**Task to complete:** When a line of the records below contains the string "which", copy that whole line.

BEGIN Recorded information

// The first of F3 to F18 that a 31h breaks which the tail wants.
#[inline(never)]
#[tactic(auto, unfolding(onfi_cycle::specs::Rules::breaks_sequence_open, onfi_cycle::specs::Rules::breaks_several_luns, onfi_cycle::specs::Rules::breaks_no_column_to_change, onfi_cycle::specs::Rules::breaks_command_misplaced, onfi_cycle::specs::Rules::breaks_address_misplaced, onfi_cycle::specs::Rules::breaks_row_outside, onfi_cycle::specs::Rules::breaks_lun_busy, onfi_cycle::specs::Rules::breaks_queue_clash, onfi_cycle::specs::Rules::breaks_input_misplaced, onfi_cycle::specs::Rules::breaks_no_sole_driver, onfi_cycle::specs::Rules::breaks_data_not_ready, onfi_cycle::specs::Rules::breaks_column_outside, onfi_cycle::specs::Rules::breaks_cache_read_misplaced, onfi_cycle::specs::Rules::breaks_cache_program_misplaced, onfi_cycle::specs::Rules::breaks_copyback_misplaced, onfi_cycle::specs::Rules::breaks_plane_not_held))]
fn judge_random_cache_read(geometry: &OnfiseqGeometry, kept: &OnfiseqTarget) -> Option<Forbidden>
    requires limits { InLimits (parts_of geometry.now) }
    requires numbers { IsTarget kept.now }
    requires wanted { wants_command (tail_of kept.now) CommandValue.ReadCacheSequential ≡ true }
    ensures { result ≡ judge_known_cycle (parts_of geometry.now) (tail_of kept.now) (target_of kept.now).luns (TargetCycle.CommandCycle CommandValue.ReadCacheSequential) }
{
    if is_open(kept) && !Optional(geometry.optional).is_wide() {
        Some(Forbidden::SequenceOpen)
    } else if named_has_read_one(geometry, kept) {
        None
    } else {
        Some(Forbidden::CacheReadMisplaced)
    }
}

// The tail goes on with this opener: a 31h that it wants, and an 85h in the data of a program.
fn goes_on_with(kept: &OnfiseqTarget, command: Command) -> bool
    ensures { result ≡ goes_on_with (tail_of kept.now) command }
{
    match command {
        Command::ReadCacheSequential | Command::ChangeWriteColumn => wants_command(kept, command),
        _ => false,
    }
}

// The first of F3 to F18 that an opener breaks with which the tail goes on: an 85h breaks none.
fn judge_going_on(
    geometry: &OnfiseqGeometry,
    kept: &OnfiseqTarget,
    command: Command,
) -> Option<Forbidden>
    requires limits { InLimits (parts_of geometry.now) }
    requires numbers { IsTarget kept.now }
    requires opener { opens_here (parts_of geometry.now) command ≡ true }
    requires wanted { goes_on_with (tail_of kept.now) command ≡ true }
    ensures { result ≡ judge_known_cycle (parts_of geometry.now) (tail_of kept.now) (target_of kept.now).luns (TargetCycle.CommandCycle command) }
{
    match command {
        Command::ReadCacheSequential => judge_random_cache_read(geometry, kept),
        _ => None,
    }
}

END Recorded information
BEGIN Recorded information

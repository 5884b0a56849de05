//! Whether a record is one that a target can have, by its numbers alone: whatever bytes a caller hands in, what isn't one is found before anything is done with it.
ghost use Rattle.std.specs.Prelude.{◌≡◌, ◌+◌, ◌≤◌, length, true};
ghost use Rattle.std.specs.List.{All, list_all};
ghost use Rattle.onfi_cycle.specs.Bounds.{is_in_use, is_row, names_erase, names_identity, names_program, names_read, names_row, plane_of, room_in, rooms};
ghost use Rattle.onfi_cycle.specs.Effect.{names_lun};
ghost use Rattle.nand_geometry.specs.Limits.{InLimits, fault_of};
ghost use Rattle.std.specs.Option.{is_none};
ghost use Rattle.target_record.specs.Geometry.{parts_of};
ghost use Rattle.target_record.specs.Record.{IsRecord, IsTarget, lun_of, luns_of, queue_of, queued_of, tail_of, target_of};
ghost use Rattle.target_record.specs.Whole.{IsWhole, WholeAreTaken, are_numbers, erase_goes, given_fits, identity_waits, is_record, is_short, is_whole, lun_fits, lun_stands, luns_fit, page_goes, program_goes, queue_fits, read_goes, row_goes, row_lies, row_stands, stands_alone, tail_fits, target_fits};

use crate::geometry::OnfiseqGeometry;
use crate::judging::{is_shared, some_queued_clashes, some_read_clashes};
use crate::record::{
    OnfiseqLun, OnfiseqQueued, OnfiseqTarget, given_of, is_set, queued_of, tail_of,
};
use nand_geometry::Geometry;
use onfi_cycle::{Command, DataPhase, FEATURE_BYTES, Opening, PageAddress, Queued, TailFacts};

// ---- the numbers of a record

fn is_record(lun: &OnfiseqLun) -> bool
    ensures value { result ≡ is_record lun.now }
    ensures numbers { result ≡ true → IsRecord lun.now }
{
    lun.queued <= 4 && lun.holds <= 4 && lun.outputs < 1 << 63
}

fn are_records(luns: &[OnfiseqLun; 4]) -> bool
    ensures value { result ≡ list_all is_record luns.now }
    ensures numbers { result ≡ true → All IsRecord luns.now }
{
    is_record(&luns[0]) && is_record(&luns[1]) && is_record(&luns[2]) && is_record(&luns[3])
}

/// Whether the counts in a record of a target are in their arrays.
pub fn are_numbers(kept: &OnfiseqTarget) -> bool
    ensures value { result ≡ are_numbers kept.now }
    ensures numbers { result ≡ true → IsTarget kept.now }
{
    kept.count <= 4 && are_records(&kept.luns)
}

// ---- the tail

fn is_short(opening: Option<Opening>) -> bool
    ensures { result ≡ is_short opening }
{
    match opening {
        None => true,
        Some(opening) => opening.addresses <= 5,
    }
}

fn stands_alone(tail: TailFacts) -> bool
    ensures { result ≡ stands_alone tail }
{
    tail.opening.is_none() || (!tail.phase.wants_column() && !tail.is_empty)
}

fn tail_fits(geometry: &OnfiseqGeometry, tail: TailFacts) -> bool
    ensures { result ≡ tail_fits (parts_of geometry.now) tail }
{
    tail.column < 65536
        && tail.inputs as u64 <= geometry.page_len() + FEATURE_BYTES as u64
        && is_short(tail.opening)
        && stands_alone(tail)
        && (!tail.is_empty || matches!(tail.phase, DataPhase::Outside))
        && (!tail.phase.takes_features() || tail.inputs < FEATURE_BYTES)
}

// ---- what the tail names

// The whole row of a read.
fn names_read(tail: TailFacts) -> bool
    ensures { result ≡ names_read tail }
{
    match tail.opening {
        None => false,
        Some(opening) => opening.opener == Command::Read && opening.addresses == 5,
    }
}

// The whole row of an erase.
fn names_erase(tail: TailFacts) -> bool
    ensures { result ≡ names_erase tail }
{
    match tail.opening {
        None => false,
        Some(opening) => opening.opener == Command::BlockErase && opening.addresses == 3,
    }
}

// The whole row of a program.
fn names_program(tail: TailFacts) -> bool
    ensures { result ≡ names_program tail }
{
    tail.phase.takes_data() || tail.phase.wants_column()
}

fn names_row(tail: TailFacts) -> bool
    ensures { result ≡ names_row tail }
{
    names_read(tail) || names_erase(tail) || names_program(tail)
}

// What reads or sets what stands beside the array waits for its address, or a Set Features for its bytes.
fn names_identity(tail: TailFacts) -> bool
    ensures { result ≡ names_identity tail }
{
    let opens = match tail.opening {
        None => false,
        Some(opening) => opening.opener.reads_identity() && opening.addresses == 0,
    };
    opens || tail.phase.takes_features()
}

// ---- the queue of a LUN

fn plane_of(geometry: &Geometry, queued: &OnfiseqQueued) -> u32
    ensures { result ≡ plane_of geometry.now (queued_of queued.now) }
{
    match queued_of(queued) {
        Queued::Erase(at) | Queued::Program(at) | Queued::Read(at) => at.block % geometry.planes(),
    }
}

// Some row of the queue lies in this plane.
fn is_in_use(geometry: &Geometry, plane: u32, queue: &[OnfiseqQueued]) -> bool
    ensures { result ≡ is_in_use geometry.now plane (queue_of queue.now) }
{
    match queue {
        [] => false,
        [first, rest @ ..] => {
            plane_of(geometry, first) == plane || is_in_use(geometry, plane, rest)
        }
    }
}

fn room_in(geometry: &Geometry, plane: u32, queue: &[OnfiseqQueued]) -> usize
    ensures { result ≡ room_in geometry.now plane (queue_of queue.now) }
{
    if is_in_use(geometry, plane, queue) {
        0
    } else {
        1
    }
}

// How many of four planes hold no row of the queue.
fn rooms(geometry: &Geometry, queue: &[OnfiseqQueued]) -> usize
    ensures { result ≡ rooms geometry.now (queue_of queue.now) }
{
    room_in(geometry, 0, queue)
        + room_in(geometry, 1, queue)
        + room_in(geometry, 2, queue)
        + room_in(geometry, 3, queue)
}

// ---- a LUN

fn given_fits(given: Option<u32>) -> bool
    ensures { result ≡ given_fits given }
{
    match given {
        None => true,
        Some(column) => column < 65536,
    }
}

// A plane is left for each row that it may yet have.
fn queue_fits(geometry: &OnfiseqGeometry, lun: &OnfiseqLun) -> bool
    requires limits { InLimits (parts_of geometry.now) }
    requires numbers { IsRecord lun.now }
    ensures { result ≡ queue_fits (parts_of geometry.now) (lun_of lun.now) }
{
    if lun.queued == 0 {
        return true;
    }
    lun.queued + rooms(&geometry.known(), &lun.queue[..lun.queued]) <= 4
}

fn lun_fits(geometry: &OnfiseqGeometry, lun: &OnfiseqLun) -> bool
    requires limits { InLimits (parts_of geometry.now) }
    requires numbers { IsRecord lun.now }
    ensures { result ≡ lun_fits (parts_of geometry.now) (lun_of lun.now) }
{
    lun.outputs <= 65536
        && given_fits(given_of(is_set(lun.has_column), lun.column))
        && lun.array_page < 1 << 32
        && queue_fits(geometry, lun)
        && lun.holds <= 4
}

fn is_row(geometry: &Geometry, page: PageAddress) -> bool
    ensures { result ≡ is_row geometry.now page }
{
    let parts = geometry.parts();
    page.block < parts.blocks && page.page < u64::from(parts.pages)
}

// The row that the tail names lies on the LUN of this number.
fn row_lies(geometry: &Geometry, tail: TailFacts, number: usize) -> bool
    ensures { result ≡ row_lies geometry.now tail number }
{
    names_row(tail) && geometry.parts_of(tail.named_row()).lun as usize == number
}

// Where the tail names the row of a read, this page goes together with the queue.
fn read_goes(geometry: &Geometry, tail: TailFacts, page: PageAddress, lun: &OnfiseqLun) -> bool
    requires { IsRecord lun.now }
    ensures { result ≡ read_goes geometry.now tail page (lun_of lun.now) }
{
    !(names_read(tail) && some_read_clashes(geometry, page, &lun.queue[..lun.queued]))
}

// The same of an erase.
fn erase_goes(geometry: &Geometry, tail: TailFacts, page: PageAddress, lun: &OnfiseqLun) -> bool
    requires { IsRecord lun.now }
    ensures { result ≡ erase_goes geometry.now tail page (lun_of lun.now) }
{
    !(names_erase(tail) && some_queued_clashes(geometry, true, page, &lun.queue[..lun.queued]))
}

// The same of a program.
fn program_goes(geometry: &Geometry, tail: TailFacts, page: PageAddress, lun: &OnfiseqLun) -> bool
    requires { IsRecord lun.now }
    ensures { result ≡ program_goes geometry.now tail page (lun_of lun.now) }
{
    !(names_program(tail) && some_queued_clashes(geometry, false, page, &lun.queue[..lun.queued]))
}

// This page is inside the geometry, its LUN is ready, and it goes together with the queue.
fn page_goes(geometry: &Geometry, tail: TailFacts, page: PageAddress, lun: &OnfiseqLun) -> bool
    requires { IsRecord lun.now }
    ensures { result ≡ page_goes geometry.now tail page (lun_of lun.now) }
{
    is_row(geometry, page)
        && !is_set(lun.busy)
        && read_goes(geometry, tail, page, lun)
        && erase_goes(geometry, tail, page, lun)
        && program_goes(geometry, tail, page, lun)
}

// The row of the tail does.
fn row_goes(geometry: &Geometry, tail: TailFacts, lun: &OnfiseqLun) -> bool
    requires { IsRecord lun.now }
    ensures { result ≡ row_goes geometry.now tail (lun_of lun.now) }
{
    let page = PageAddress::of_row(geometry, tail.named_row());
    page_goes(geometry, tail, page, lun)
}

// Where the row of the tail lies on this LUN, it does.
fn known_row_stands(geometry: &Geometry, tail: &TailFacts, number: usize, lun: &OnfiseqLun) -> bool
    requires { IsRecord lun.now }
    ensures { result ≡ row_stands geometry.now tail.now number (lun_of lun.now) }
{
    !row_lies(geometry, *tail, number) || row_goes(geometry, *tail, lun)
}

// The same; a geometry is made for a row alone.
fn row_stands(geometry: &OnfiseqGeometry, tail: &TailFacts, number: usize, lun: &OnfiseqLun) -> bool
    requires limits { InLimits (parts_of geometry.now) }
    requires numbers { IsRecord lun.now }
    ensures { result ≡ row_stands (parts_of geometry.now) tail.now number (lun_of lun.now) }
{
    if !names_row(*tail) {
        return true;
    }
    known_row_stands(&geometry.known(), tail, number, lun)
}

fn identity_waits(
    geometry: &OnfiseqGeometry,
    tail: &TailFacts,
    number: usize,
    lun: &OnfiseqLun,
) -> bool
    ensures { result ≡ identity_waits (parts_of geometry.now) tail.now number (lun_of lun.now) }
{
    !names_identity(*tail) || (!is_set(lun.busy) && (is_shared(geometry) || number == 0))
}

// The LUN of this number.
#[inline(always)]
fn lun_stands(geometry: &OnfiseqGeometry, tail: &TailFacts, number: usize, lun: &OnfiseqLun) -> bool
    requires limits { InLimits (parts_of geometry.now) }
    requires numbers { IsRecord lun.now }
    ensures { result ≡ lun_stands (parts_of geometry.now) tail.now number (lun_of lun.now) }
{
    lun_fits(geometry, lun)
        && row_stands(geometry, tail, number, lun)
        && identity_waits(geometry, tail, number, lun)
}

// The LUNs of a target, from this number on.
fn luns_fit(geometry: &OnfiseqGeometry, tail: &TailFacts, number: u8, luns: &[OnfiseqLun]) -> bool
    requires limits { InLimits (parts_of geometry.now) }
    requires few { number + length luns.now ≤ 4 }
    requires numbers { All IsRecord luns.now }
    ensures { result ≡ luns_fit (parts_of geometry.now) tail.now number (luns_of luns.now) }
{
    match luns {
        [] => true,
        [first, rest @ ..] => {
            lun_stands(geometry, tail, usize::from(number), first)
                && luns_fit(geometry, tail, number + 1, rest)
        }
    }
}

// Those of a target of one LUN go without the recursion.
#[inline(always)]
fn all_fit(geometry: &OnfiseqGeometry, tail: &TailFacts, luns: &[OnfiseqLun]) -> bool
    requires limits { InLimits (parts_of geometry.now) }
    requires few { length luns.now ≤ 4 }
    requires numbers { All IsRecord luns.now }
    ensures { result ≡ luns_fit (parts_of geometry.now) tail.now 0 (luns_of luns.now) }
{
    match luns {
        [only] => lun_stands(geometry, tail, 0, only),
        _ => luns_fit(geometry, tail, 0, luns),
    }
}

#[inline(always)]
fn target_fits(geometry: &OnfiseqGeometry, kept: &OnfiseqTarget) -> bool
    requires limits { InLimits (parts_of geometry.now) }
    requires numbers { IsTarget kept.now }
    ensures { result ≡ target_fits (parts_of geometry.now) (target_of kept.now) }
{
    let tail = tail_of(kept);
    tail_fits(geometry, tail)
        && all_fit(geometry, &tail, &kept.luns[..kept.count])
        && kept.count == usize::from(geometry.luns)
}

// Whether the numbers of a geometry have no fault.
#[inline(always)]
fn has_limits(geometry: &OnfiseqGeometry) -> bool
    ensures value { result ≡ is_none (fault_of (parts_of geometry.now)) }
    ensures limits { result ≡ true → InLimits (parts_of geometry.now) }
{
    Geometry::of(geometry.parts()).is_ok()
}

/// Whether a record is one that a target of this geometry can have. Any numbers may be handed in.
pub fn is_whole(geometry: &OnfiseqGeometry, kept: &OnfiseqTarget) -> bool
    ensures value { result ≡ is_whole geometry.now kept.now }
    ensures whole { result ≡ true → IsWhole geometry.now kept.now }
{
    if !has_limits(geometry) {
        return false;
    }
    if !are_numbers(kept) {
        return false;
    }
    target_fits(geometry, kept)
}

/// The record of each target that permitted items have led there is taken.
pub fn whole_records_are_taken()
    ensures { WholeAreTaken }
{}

END Recorded information

**Reply:**
// The first of F3 to F18 that a 31h breaks which the tail wants.
// The first of F3 to F18 that an opener breaks with which the tail goes on: an 85h breaks none.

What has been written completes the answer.